→ **WHAT TO DO**
The answer should consist solely of the lines from the first one below through the line containing "fn wasted_after(wasted: u32, offset: u32, f: Found)", copied exactly.

→ **Records from a data source**
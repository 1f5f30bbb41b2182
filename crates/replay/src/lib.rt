// Starts, one behind the other: replay through a cycle, for accepting and for rebuilding, and the dispatcher's one start. All of them come to the
// next start in one place, so that the compiler puts it in line. No heap and no table of jobs; memory beside the arguments is a few rows of 16.
#![tactic(auto)]

ghost use Rattle.std.specs.Prelude.{◌≡◌, ◌+◌, get_or};
ghost use Rattle.rules.specs.Tasks.{Set};
ghost use Rattle.sets.specs.Kept.{times_in, periods_in};
ghost use Rattle.decision.specs.Fits.{releases_in, Stands};
ghost use Rattle.decision.specs.Next.{FindsNext};
ghost use Rattle.replay.specs.Runs.{wasted_after, stepped, CanStep, PutsOn, run_from, Ran, CanRun, CanReplay, cycle_of};

use decision::{Found, Front, LAST_OFFSET, Standing, Stuck};
use images::ENTRY_SIZE;
use rules::{Entry, Offsets};
use sets::Kept;

// The least offset of a record that had no effect, after a start from a task's offset to the one behind it: its own record, if that is where the
// offset was, had none where no lower-numbered task was waiting.
#[tactic(auto, unfolding(crate::specs::Runs::wasted_after))]
fn wasted_after(wasted: u32, offset: u32, f: Found) -> u32
    ensures { result ≡ wasted_after wasted offset f.inversion f.inverts }
{
    if f.inversion == offset || f.inverts {
        return wasted;
    }
    wasted.min(offset)
}

// A start put into the output as an entry at a place, where that is inside; and the place behind it.
fn put_start(out: &mut [u8], place: usize, f: Found) -> usize
    ensures { PutsOn out.old place out.new result f }
{
    if out.len() <= place {
        return place;
    }
    let entry = Entry {
        task: f.task,
        start: f.start,
    };
    writing::put(out, place, entry);
    place + ENTRY_SIZE
}

// Where replay stands behind a start: its task's next job is the one behind it, from its own offset on. And how far replay has come then: the processor is free when
// the start's job ends, and idle records are looked for behind those it used.
fn step(kept: &Kept, at: &mut Standing, f: Found) -> Front
    requires { CanStep kept.now at.old f }
    ensures rows { at.new ≡ stepped at.old f
        (get_or (releases_in at.old) f.task 0 + get_or (periods_in kept.now) f.task 0) }
    ensures front { result ≡ record { free = f.start + get_or (times_in kept.now) f.task 0; idle = f.idle } }
{
    let i = f.task as usize;
    at.next[i] += 1;
    at.release[i] += kept.periods[i];
    at.offsets[i] = f.inversion;
    Front {
        free: f.start + kept.times[i],
        idle: f.idle,
    }
}

// What a run of starts came to: how many it found, the least offset of a PV record that had no effect, and the last answer, a start or what stopped
// it.
#[derive(Clone, Copy)]
pub struct Run {
    pub made: usize,
    pub wasted: u32,
    pub last: Result<Found, Stuck>,
}

// So many starts, and one at least, from where replay stands, up to the first that is not found. Each is put into the output as an entry, one behind the
// other, where it fits.
fn starts(
    image: &[u8],
    judged: bool,
    kept: &Kept,
    at: &mut Standing,
    from: Front,
    wanted: usize,
    out: &mut [u8],
) -> Run
    requires { (ts : Set) × CanRun ts image.now judged kept.now at.old from wanted }
    ensures { (ts : Set) → CanRun ts image.now judged kept.now at.old from wanted →
        Ran (run_from ts image.now at.old from wanted) out.old result out.new }
{
    let mut front = from;
    let mut wasted = LAST_OFFSET;
    let mut place: usize = 0;
    let mut made: usize = 0;
    loop {
        let last = decision::next_start(image, judged, kept, at, front);
        let Ok(f) = last else {
            return Run { made, wasted, last };
        };
        place = put_start(out, place, f);
        wasted = wasted_after(wasted, at.offsets[f.task as usize], f);
        made += 1;
        if wanted <= made {
            return Run { made, wasted, last };
        }
        front = step(kept, at, f);
    }
}

// The next start, for records that nobody has judged.
pub fn one_start(image: &[u8], kept: &Kept, at: &mut Standing, front: Front) -> Result<Found, Stuck>
    requires { (ts : Set) × Stands ts kept.now at.old front }
    ensures { FindsNext image.now kept.now at.old front result }
{
    starts(image, false, kept, at, front, 1, &mut []).last
}

// Replay through one cycle, as many starts as it has jobs, of an image whose records were judged. The entries are put into the output, one behind the
// other, where they fit.
pub fn cycle(image: &[u8], kept: &Kept, first: Offsets, out: &mut [u8]) -> Run
    requires { (ts : Set) × CanReplay ts image.now kept.now first }
    ensures { (ts : Set) → CanReplay ts image.now kept.now first →
        Ran (cycle_of ts image.now kept.now first) out.old result out.new }
{
    let next = [0u32; 16];
    let release = kept.first;
    let offsets = first.inversions;
    let mut begin = Standing {
        next,
        release,
        offsets,
    };
    let front = Front {
        free: 0,
        idle: first.idle,
    };
    let all = kept.all_jobs as usize;
    starts(image, true, kept, &mut begin, front, all, out)
}
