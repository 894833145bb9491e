use std::alloc::AllocError;
use thiserror::Error;
use tptp_base::Memory;

/// Why a formula got no normal form.
#[derive(Clone, Copy, Debug, PartialEq, Eq, Error)]
pub enum FormFault {
    /// The normal form could have more nodes than are allowed.
    #[error("too wide")]
    Wide,
    #[error("out of memory")]
    Memory,
}

impl From<Memory> for FormFault {
    ghost use Rattle.std.specs.Prelude.{◌≡◌};
    ghost use Rattle.clause_form.specs.declared.fault.FormFault.TheVariants.{Memory as wanting};

    ghost from_gives = { λ _ e. e ≡ wanting };

    fn from(_: Memory) -> FormFault {
        FormFault::Memory
    }
}

impl From<AllocError> for FormFault {
    ghost use Rattle.std.specs.Prelude.{◌≡◌};
    ghost use Rattle.clause_form.specs.declared.fault.FormFault.TheVariants.{Memory as wanting};

    ghost from_gives = { λ _ e. e ≡ wanting };

    fn from(_: AllocError) -> FormFault {
        FormFault::Memory
    }
}
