//! Clauses and normal forms: the clause that a formula is, what it takes for one clause to cover another, the normal
//! form of a formula with its sizes, and the paths through a normal form.
#![tactic(auto)]

mod beside;
mod clause;
mod closing;
mod fault;
mod joining;
mod laws;
mod normal;
mod path;
mod reaching;
mod sameness;
mod sizes;
mod stripping;
mod view;

pub use beside::all_beside;
pub use clause::{AtomOf, Clause, Lit, copy_clauses, copy_lits};
pub use closing::{close, form_of_atom, form_of_lit, forms_of_lits};
pub use fault::FormFault;
pub use joining::{is_end, join_flat, node, own_members, push_members, quantified, signed};
pub use laws::{
    clauses_are_counted, clauses_by_paths, cover_of_instance, empty_instance, image_of_image,
    instance_of_trivial, norm_no_larger, view_of_closed,
};
pub use normal::{MAX_NORM_SIZE, norm, norm_signed};
pub use path::{Parent, Path};
pub use reaching::{clause_of_path, clauses_of_paths};
pub use sameness::{are_complementary, denies, is_trivial, same_atoms};
pub use sizes::{clause_count, norm_size};
pub use stripping::strip;
pub use view::{as_clause, as_lit};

→ **SOLVED PROBLEM**
repository 1f5f30bbb41b2182
filename crates/replay/src/lib.rt
// Starts, one behind the other: replay through a cycle, for accepting and for rebuilding, and the dispatcher's one start. All of them come to the
// next start in one place, so that the compiler puts it in line. No heap and no table of jobs; memory beside the arguments is a few rows of 16.
#![tactic(auto)]

ghost use Rattle.std.specs.Prelude.{◌≡◌, ◌+◌, get_or};
ghost use Rattle.rules.specs.Tasks.{Set};
ghost use Rattle.sets.specs.Kept.{times_in, periods_in};
ghost use Rattle.decision.specs.Fits.{releases_in, Stands};
ghost use Rattle.decision.specs.Next.{FindsNext};
ghost use Rattle.replay.specs.Runs.{wasted_after, stepped, CanStep, PutsOn, run_from, Ran, CanRun, CanReplay, cycle_of};

use decision::{Found, Front, LAST_OFFSET, Standing, Stuck};
use images::ENTRY_SIZE;
use rules::{Entry, Offsets};
use sets::Kept;

// The least offset of a record that had no effect, after a start from a task's offset to the one behind it: its own record, if that is where the
// offset was, had none where no lower-numbered task was waiting.
#[tactic(auto, unfolding(crate::specs::Runs::wasted_after))]
fn wasted_after(wasted: u32, offset: u32, f: Found) -> u32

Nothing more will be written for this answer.